Start of Records shown

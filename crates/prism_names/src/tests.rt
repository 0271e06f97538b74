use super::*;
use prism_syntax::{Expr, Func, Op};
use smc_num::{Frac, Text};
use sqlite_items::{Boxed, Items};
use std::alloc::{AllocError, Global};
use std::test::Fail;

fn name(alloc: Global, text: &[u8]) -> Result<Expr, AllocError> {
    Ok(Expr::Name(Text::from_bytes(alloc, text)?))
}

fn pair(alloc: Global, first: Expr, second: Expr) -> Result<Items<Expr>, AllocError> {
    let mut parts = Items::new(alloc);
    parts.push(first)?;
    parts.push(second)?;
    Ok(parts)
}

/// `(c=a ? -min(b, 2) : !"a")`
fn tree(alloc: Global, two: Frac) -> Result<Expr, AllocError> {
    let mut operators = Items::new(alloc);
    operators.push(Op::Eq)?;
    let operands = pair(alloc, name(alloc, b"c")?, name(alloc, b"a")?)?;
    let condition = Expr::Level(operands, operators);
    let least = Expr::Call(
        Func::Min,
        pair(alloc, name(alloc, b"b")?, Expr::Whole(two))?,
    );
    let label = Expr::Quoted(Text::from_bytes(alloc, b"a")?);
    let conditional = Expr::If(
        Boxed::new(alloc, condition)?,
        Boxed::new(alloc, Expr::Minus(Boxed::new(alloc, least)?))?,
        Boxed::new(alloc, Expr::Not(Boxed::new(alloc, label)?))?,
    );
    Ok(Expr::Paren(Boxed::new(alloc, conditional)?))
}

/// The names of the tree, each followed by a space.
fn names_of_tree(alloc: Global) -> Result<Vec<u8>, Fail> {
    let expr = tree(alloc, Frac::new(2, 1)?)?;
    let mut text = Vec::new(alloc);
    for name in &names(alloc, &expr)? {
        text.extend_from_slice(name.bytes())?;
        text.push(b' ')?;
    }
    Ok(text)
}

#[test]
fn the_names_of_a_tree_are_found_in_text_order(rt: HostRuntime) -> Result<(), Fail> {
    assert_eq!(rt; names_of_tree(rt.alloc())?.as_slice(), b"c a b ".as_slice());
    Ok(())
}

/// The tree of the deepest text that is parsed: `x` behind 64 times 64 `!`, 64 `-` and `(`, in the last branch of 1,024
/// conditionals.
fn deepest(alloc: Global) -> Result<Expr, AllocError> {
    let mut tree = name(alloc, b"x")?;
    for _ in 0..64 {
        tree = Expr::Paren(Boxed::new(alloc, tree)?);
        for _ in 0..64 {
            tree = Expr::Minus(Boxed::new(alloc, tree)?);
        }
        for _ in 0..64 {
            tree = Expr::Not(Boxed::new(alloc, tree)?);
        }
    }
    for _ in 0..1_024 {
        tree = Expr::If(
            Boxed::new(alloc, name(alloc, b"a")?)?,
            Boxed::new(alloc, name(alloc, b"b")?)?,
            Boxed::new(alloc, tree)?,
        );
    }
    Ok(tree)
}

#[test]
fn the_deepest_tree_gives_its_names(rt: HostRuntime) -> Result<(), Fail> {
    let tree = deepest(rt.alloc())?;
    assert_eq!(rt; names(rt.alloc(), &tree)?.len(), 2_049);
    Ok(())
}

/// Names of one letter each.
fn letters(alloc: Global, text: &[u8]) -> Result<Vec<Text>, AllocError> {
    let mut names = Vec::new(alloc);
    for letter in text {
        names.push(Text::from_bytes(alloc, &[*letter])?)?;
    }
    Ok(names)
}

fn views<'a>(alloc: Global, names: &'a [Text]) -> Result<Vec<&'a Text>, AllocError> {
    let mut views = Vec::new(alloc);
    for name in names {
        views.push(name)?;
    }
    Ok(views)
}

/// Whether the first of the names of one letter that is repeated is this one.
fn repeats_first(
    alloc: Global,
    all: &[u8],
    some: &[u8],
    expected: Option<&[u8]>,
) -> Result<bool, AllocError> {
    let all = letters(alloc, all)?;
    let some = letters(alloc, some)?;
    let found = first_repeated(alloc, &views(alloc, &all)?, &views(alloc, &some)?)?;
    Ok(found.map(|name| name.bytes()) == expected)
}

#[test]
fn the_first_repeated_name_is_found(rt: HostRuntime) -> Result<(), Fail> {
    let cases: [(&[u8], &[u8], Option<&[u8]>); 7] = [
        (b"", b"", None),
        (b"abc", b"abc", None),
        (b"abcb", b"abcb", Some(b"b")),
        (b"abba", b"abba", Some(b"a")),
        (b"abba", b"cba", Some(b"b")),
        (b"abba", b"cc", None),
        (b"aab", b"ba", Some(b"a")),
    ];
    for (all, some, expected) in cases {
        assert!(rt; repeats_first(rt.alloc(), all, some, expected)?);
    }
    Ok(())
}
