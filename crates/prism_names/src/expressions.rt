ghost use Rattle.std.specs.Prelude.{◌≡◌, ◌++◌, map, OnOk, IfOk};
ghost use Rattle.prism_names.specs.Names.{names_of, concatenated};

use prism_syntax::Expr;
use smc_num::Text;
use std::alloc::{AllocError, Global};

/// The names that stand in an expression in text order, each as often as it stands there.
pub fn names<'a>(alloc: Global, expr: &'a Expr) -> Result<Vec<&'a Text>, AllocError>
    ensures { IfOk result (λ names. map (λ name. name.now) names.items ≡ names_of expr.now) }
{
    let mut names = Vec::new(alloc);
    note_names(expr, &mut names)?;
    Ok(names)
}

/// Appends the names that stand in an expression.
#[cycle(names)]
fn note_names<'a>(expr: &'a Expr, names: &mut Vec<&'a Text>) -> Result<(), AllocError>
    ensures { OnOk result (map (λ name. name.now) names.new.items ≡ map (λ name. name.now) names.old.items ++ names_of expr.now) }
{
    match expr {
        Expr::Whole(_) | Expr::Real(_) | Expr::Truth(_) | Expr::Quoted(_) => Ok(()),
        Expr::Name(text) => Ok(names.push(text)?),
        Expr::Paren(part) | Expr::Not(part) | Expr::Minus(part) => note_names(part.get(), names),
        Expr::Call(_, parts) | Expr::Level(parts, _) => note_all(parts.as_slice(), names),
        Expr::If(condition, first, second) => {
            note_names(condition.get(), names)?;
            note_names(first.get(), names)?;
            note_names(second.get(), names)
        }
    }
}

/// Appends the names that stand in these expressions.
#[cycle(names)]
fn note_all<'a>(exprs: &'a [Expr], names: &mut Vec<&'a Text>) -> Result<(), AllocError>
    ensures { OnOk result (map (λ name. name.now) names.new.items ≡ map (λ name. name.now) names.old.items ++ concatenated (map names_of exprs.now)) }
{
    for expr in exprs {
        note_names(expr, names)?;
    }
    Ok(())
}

End of Records shown

### Aim of the exercise
The answer must be every line from the records above that contains "Level".

### Expected answer
    let condition = Expr::Level(operands, operators);
        Expr::Call(_, parts) | Expr::Level(parts, _) => note_all(parts.as_slice(), names),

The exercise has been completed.